- _Records supplied_
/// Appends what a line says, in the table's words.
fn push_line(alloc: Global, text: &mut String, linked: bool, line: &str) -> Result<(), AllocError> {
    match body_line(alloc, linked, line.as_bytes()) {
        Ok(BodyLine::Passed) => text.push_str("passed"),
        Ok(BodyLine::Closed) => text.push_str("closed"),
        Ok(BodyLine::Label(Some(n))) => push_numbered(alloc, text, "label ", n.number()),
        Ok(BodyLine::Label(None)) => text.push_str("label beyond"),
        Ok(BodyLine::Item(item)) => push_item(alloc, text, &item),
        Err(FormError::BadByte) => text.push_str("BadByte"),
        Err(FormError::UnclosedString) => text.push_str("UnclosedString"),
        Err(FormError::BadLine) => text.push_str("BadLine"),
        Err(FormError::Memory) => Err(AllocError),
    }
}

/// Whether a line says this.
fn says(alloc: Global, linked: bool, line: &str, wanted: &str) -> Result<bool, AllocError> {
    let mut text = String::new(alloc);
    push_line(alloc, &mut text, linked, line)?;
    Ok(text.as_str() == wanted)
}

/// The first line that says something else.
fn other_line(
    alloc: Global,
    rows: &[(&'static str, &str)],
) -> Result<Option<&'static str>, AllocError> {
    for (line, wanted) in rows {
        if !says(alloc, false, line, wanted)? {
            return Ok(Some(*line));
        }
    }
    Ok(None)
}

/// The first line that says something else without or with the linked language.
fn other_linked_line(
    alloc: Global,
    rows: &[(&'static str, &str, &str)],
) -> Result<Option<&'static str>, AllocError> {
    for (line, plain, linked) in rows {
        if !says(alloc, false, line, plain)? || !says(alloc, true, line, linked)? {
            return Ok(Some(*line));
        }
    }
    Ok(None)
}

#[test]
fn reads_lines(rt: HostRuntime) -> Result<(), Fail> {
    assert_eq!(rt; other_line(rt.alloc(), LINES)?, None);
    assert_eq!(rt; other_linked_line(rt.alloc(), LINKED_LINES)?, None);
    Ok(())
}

--

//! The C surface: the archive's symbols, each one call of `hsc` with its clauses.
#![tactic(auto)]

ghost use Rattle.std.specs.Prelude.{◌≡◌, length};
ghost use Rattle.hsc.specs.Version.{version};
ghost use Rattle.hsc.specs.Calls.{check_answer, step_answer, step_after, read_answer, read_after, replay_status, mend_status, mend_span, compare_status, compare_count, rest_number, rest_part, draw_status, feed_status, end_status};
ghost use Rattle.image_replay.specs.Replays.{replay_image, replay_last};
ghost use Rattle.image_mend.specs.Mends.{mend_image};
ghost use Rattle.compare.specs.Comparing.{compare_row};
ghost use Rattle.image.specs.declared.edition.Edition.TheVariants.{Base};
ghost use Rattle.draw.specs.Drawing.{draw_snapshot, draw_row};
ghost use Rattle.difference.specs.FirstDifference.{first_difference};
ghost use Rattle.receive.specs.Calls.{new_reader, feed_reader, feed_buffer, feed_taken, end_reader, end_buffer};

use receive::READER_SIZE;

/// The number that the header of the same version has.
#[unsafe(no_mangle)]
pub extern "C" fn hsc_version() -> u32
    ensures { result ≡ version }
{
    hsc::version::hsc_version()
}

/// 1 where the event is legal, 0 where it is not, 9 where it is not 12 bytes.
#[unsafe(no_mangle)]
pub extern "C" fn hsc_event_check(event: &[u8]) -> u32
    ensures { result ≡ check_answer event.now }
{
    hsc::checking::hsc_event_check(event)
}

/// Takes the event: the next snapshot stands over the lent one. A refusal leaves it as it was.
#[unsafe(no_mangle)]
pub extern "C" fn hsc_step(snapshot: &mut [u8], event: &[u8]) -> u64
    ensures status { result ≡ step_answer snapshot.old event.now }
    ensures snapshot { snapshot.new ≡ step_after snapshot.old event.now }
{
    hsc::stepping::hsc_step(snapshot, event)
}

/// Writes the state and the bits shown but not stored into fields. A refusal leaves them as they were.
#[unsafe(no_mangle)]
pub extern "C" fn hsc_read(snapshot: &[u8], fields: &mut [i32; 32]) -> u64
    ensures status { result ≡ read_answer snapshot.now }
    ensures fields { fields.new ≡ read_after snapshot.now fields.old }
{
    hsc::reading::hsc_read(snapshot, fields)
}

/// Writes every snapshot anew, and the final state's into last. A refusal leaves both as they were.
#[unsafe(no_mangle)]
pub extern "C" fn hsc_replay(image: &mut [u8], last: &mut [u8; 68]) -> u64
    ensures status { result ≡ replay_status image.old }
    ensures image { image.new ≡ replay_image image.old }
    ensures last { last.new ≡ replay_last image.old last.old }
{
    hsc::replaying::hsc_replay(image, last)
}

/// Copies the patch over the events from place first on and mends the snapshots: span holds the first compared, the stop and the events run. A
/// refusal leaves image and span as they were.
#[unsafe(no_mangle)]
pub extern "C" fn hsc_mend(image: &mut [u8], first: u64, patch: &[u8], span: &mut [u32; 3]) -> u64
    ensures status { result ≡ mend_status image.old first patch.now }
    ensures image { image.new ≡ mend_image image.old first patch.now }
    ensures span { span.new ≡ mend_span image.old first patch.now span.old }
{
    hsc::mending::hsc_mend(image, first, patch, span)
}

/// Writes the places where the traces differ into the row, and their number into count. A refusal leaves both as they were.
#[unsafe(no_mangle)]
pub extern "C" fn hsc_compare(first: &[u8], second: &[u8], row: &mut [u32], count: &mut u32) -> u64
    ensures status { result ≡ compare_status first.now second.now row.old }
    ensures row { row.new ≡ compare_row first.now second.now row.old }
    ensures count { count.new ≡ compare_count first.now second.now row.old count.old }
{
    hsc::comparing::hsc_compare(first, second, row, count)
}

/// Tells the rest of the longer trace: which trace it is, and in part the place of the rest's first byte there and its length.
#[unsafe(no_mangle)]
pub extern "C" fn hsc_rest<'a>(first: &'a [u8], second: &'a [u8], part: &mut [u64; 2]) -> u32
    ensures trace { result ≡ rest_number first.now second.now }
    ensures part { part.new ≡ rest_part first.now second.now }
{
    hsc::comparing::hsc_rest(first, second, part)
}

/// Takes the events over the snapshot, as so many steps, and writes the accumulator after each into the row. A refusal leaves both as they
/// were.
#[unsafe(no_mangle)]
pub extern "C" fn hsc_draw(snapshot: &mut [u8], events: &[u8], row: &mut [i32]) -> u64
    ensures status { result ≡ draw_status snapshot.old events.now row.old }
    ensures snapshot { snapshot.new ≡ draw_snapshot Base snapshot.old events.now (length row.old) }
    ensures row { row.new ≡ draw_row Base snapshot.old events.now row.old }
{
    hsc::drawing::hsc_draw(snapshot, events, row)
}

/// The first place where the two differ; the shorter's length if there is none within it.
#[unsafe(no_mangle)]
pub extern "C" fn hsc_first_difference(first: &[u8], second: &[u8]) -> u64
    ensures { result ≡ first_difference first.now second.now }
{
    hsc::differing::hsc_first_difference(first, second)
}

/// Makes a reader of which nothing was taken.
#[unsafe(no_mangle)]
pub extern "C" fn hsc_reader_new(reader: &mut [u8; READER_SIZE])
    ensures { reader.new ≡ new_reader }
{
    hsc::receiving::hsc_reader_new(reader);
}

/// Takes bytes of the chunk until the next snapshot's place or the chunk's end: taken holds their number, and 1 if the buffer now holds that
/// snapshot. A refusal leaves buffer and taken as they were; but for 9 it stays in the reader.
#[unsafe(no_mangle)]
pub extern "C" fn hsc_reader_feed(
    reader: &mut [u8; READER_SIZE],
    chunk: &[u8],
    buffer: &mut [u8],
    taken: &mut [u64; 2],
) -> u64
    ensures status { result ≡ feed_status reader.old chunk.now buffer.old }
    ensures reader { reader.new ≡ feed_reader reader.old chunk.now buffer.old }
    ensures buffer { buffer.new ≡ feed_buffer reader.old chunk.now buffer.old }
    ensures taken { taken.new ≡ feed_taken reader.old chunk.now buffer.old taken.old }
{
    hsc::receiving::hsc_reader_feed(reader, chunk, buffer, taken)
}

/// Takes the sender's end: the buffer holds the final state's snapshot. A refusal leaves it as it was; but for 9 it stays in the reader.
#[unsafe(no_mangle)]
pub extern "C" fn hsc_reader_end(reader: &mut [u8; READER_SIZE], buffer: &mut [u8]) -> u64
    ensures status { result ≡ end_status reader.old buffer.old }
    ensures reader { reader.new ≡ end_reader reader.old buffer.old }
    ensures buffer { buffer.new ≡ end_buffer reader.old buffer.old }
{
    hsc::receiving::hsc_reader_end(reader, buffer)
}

--

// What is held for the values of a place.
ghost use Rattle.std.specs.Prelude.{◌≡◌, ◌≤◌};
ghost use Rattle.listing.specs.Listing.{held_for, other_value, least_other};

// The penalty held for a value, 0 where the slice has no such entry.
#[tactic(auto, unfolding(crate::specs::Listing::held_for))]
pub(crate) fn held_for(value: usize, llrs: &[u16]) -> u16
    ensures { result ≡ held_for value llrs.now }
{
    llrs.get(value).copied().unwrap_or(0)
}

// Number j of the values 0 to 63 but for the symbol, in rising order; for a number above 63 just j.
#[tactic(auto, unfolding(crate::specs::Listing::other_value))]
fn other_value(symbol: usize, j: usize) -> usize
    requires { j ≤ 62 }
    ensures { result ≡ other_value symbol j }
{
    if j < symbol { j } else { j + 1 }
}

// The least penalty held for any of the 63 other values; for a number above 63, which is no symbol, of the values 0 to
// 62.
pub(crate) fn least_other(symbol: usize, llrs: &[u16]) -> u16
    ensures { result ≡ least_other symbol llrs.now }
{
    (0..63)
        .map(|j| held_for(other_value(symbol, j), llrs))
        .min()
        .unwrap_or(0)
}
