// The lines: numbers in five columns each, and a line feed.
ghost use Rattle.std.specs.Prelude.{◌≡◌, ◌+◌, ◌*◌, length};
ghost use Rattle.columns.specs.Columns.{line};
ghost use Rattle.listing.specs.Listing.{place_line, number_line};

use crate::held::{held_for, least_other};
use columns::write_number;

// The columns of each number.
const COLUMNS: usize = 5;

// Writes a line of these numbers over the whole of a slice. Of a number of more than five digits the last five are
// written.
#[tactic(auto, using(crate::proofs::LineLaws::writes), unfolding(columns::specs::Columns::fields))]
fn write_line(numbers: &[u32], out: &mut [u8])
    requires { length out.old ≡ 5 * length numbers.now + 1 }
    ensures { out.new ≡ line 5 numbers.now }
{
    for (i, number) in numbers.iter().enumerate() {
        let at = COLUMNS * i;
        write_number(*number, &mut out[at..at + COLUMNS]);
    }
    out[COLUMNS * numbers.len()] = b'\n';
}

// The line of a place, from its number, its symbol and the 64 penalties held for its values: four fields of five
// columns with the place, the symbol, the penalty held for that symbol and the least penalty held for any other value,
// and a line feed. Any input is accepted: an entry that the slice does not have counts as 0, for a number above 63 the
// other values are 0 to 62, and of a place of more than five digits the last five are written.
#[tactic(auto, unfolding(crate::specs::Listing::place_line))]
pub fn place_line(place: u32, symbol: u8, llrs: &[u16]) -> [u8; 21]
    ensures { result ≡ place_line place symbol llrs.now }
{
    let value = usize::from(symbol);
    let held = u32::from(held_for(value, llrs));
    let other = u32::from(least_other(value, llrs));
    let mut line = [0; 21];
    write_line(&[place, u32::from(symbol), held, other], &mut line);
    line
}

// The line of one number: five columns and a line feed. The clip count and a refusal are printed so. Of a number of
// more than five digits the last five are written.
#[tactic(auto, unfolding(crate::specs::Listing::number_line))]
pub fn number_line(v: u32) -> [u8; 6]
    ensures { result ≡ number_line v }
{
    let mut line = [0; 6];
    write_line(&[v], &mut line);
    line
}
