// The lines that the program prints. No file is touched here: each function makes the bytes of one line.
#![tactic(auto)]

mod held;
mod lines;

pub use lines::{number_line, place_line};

- _Task directions_
In the records, how many lines hold the word "false"? Answer with the number and no other words.

- _Task output_
2